Goldman, the second most expensive Dow stock on a nominal basis, suffered its worst losses in more than a year in February and hit the year’s lows as broader markets sold off. It has rebounded since then to hit new all-time highs on Monday.
“It is challenging the very important $275 level,” Verrone said about the price swings. “We think it breaks out here. And we think ultimately you’re looking at a leadership stock in the making as we move through 2018.”
Separately, the brokerage firm announced Monday that co-chief operating officer Harvey Schwartz will step down in April, making way for current president David Solomon to likely assume CEO Lloyd Blankfein’s role when he eventually retires.
Verrone’s self-described “controversial” pick, General Electric, is the worst performer this year and over the past 12 months. The industrial giant lost 12.7 percent in February, while the Dow lost 4 percent over that time.
GE shares are the worst-performing Dow stock last year. The company has been mired in constant management changes and recently cut its dividend.

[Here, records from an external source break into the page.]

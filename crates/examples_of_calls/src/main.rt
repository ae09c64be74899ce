//! Makes each call of its input that is about texts, streams, documents, policies and manifests, and prints the line with the
//! answer behind it. `docs/EXAMPLES.md` has the calls. It compares nothing.
#![tactic(auto)]

mod addresses;
mod authorization;
mod copies;
mod documents;
mod forms;
mod lists;
mod manifests;
mod patterns;
mod peers;
mod places;
mod requests;
mod selections;
mod shown;
mod sinks;
mod sources;
mod specs_of_policies;
mod texts;
mod tokens;

use call_lines::{Call, Calls, MOST_BYTES, Stop, show_lines};
use mesh_edge::{StdSource, read_all};
use std::alloc::Global;

/// The calls that stand in the files of this program.
#[derive(Drop)]
struct OfDocuments;

impl Calls for OfDocuments {
    // The answer of the one module that has the call.
    fn answer(&self, alloc: Global, call: &Call) -> Result<Option<String>, Stop> {
        match of_parts(alloc, call)? {
            Some(answer) => Ok(Some(answer)),
            None => of_wholes(alloc, call),
        }
    }
}

fn main(rt: HostRuntime) -> Result<(), Stop> {
    let alloc = rt.alloc();
    let table = read_all(alloc, &mut StdSource::new(rt.stdin()), MOST_BYTES)?;
    show_lines(&rt, alloc, &table, &OfDocuments)
}

fn of_parts(alloc: Global, call: &Call) -> Result<Option<String>, Stop> {
    if let Some(answer) = texts::answer(alloc, call)? {
        return Ok(Some(answer));
    }
    if let Some(answer) = lists::answer(alloc, call)? {
        return Ok(Some(answer));
    }
    if let Some(answer) = addresses::answer(alloc, call)? {
        return Ok(Some(answer));
    }
    if let Some(answer) = patterns::answer(alloc, call)? {
        return Ok(Some(answer));
    }
    if let Some(answer) = tokens::answer(alloc, call)? {
        return Ok(Some(answer));
    }
    streams_answer(alloc, call)
}

fn streams_answer(alloc: Global, call: &Call) -> Result<Option<String>, Stop> {
    match call.name {
        "read_all" => Ok(Some(sources::answer(alloc, call)?)),
        "write_all" => Ok(Some(sinks::answer(alloc, call)?)),
        _ => Ok(None),
    }
}

fn of_wholes(alloc: Global, call: &Call) -> Result<Option<String>, Stop> {
    if let Some(answer) = places::answer(alloc, call)? {
        return Ok(Some(answer));
    }
    if let Some(answer) = documents::answer(alloc, call)? {
        return Ok(Some(answer));
    }
    if let Some(answer) = specs_of_policies::answer(alloc, call)? {
        return Ok(Some(answer));
    }
    if let Some(answer) = copies::answer(alloc, call)? {
        return Ok(Some(answer));
    }
    match call.name {
        "read_bundle" => Ok(Some(manifests::answer(alloc, call)?)),
        "select" => Ok(Some(selections::answer(alloc, call)?)),
        _ => Ok(None),
    }
}
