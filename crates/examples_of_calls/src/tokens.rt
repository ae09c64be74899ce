// Tokens of requests, and the clusters of authorizers.
use call_lines::{Call, Stop, number_in, quoted, request_of, text_in};
use mesh_policy::{Provider, TokenPlace, cluster_of, find_token};
use mesh_text::Text;
use serde_json::Value;
use std::alloc::Global;

pub fn answer(alloc: Global, call: &Call) -> Result<Option<String>, Stop> {
    match call.name {
        "find_token" => found(alloc, call),
        "cluster_of" => cluster(alloc, call.value(0)?),
        "Provider::copy" => copied(alloc, call.value(0)?),
        _ => Ok(None),
    }
}

fn found(alloc: Global, call: &Call) -> Result<Option<String>, Stop> {
    let place = place_of(alloc, call.value(0)?)?;
    let request = request_of(alloc, call.value(1)?)?;
    quoted(alloc, find_token(&place, &request))
}

// `{"header": NAME, "prefix": TEXT}` or `{"parameter": NAME}`.
fn place_of(alloc: Global, v: &Value) -> Result<TokenPlace, Stop> {
    if v.get("parameter").is_some() {
        return Ok(TokenPlace::Param(Text::of(alloc, text_in(v, "parameter")?)?));
    }
    Ok(TokenPlace::Header {
        name: Text::of(alloc, text_in(v, "header")?)?,
        prefix: Text::of(alloc, text_in(v, "prefix")?)?,
    })
}

// `{"name": NAME, "service": NAME, "port": NUMBER}`, an authorizer over HTTP.
fn provider_of(alloc: Global, v: &Value) -> Result<Provider, Stop> {
    let Ok(port) = u16::try_from(number_in(v, "port", 0)?) else {
        return Err(Stop::Arguments);
    };
    Ok(Provider {
        name: Text::of(alloc, text_in(v, "name")?)?,
        service: Text::of(alloc, text_in(v, "service")?)?,
        port,
        fail_open: false,
        http: true,
    })
}

fn cluster(alloc: Global, v: &Value) -> Result<Option<String>, Stop> {
    let provider = provider_of(alloc, v)?;
    quoted(alloc, Some(cluster_of(alloc, &provider)?.as_str()))
}

fn copied(alloc: Global, v: &Value) -> Result<Option<String>, Stop> {
    let provider = provider_of(alloc, v)?;
    let copy = provider.copy(alloc)?;
    let is_equal = copy == provider;
    let (name, service) = (copy.name.as_str(), copy.service.as_str());
    Ok(Some(format!(in alloc; "{name} {service}:{}, equal {is_equal}", copy.port)?))
}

Verrone, however, expresses optimism that GE has hit its bottom.
“We have to be open to the idea that this one is starting to put in some type of a low in that $14, $14.50 area,” he said. “What’s interesting to us is how the analysts have thrown in the towel. We think sentiment is bad enough where you start to look for some opportunity here.”
Analysts are predominantly neutral to negative on GE stock. Few firms have a buy rating on the shares, while prominent brokerages such as Deutsche Bank and Oppenheimer have a sell rating.
Chad Morganlander, portfolio manager at Washington Crossing Advisors, shares the street’s wariness over GE’s future performance. In an appearance on “Trading Nation,” Morganlander listed his concerns — a debt-laden balance sheet, the possibility of a split and the reality that its energy business will likely be sold at a significant discount.
“When it comes to GE, we’re quite, let’s just say, neutral on the company to be kind,” said Morganlander.
Despite a preponderance of negative news, GE is the best Dow performer in March.